Tossetta, Avellini, Licini, Giannubilo, Castellucci, and Marzioni: High Temperature Requirement A1 and Fibronectin: Two Possible Players in Placental Tissue Remodelling

High Temperature Requirement A1 and Fibronectin: Two Possible Players in Placental Tissue Remodelling


High temperature requirement A1 (HtrA1) is a secreted protease involved in placental development. Fibronectin (FN) is involved in important process such as wound healing, cell adhesion and spreading, growth, migration, and differentiation. The purpose of this study was to analyse the expression patterns of HtrA1 in relationship to FN and to the key growth zones of placenta such as mesenchymal villi as well as cell islands and cell columns. We demonstrated that FN and HtrA1 are localized in the placental key growth zones suggesting a pivotal role in maintaining the balance among the molecules involved in the placental development and differentiation.

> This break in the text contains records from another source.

/// A goal that fell, and how far its value is below 'no plan'. The least value is greatest.
#[derive(Clone, Copy, PartialEq, Eq, PartialOrd, Ord, Drop)]
pub struct Note {
    pub below: u64,
    pub goal: u32,
}
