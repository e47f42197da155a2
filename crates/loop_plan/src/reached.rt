ghost use Rattle.std.specs.Prelude.{◌≡◌, ◌≢◌, ℕ, ◌+◌, ◌≤◌, ◌<◌, true, length, Err, OnOk, IfOk, IsOk};
ghost use Rattle.std.specs.List.{Contains};
ghost use Rattle.pr_value.specs.Capped.{cap};
ghost use Rattle.best_plan.specs.Moves.{IsAlternative, IsUnfolded};
ghost use Rattle.loop_plan.specs.Leads.{Leads};
ghost use Rattle.loop_plan.specs.Reached.{IsReached, Grows, bound, inputs, with_met};

use crate::way::Way;
use best_plan::{Choices, FindError, Table, UnfoldError};
use pr_value::{CAP, Items, Memory};
use std::alloc::Global;

/// The goals that a root leads to, and their alternatives.
#[derive(Drop)]
pub struct Reached {
    pub root: u32,
    /// The goals have a bound past the cap, and all others 0.
    pub table: Table,
    pub ways: Items<Way>,
}

/// Unfolds all goals that the root leads to.
pub fn reach<C: Choices>(alloc: Global, choices: &mut C, root: u32) -> Result<Reached, FindError>
    requires there { root < (C.graph choices.old).goals }
    ensures later { C.later choices.old choices.new }
    ensures full { result ≡ Err FindError.GoalsFull → C.over choices.old }
    ensures root { IfOk result (λ r. (r.root ≡ root) × (bound r root ≡ cap + 1)) }
    ensures reached { IfOk result (λ r. IsReached (C.graph choices.new) r (length r.ways)) }
{
    let mut reached = Reached {
        root,
        table: Table::new(alloc),
        ways: Items::new(alloc),
    };
    meet(choices, &mut reached, root)?;
    let mut next = 0;
    while next < reached.ways.len() {
        let way = reached.ways.as_slice()[next];
        meet_inputs(choices, &mut reached, way)?;
        next += 1;
    }
    Ok(reached)
}

/// Meets the inputs of an alternative.
fn meet_inputs<C: Choices>(
    choices: &mut C,
    reached: &mut Reached,
    way: Way,
) -> Result<(), FindError>
    requires listed { Contains reached.old.ways way }
    requires reached { IsReached (C.graph choices.old) reached.old 0 }
    ensures later { C.later choices.old choices.new }
    ensures full { result ≡ Err FindError.GoalsFull → C.over choices.old }
    ensures reached { OnOk result ((n : ℕ) → n ≤ length reached.old.ways
        → IsReached (C.graph choices.old) reached.old n
        → IsReached (C.graph choices.new) reached.new n) }
    ensures grows { OnOk result (Grows reached.old reached.new) }
    ensures met { OnOk result ((h : ℕ) → Contains (inputs (C.graph choices.old) way) h
        → bound reached.new h ≡ cap + 1) }
{
    for i in 0..choices.input_count(way.goal, way.k) {
        let input = choices.input(way.goal, way.k, i);
        meet(choices, reached, input)?;
    }
    Ok(())
}

/// Unfolds the goal, and lists its alternatives, where it was not met before.
fn meet<C: Choices>(choices: &mut C, reached: &mut Reached, goal: u32) -> Result<(), FindError>
    requires there { goal < (C.graph choices.old).goals }
    requires leads { Leads (C.graph choices.old) reached.old.root goal }
    ensures later { C.later choices.old choices.new }
    ensures full { result ≡ Err FindError.GoalsFull → C.over choices.old }
    ensures reached { OnOk result ((n : ℕ) → n ≤ length reached.old.ways
        → IsReached (C.graph choices.old) reached.old n
        → IsReached (C.graph choices.new) reached.new n) }
    ensures grows { OnOk result (Grows reached.old reached.new) }
    ensures met { OnOk result (bound reached.new goal ≡ cap + 1) }
{
    if reached.table.bound(goal) > CAP {
        return Ok(());
    }
    open(choices, goal)?;
    match list(choices, reached, goal) {
        Ok(()) => Ok(()),
        Err(_) => Err(FindError::Memory),
    }
}

/// Unfolds the goal where it is not.
fn open<C: Choices>(choices: &mut C, goal: u32) -> Result<(), FindError>
    requires there { goal < (C.graph choices.old).goals }
    ensures later { C.later choices.old choices.new }
    ensures unfolded { OnOk result ((C.graph choices.new).unfolded goal ≡ true) }
    ensures full { result ≡ Err FindError.GoalsFull → C.over choices.old }
{
    if choices.unfolded(goal) {
        return Ok(());
    }
    match choices.unfold(goal) {
        Ok(()) => Ok(()),
        Err(UnfoldError::Memory) => Err(FindError::Memory),
        Err(UnfoldError::GoalsFull) => Err(FindError::GoalsFull),
    }
}

/// Lists the alternatives of an unfolded goal, which counts as met from now on.
fn list<C: Choices>(choices: &C, reached: &mut Reached, goal: u32) -> Result<(), Memory>
    requires unfolded { IsUnfolded (C.graph choices.now) goal }
    ensures { let m = C.graph choices.now in
        OnOk result (reached.new ≡ with_met reached.old m.goals goal (m.count goal)) }
{
    reached.table.reserve(choices.goals())?;
    for k in 0..choices.count(goal) {
        reached.ways.push(Way { goal, k })?;
    }
    reached.table.put(goal, CAP + 1, None);
    Ok(())
}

High temperature requirement A1 (HtrA1) is a secreted protease involved in the degradation of extracellular matrix (ECM) proteins1-3 and it is involved in the development of many organs.4 In particular, HtrA1 was detected during placental development.5-7 In addition, HtrA1 has been implicated in placental diseases such as: hydatidiform mole, choriocarcinoma6 and preeclampsia.8 The altered expression of HtrA1 in these pathologies suggests a possible role of this protein in tissue restructuring and /or remodelling, particularly in the key growth zones of placenta such mesenchymal villi as well as cell islands and cell columns.9,10 Placental development and differentiation is also characterized by the presence of fibrinoid.11 One fibrinoid component is fibronectin (FN), a 230-270 kD multidomain glycoprotein and an essential component of the ECM. FN is involved in important process such as wound healing, cell adhesion and spreading, growth, migration, and differentiation.12 The purpose of this study was to analyse the expression patterns of HtrA1 in relationship to FN and to the key growth zones of placenta during the first trimester of gestation.

Materials and Methods


Placental tissues were obtained from 11 women undergoing voluntary termination of pregnancy at 8 (n=1), 9 (n=3), 10 (n=3), 11 (n=2) and 12 (n=2) weeks of gestation (first trimester). Placental samples were fixed overnight in 4% neutral buffered formalin at 4°C then, embedded in paraffin. Pregnant women gave their informed consent to collect placentas and membrane specimens (Division of Obstetrics and Gynaecology, Polytechnic University of Marche). This study was approved by the committee on investigations involving human subjects (Università Politecnica delle Marche, Italy). To the best of our knowledge, there was no pathology affecting placental structure or function. The procedures followed for the collection of samples were in accordance with the Helsinki Declaration of 1975, as revised in 2000.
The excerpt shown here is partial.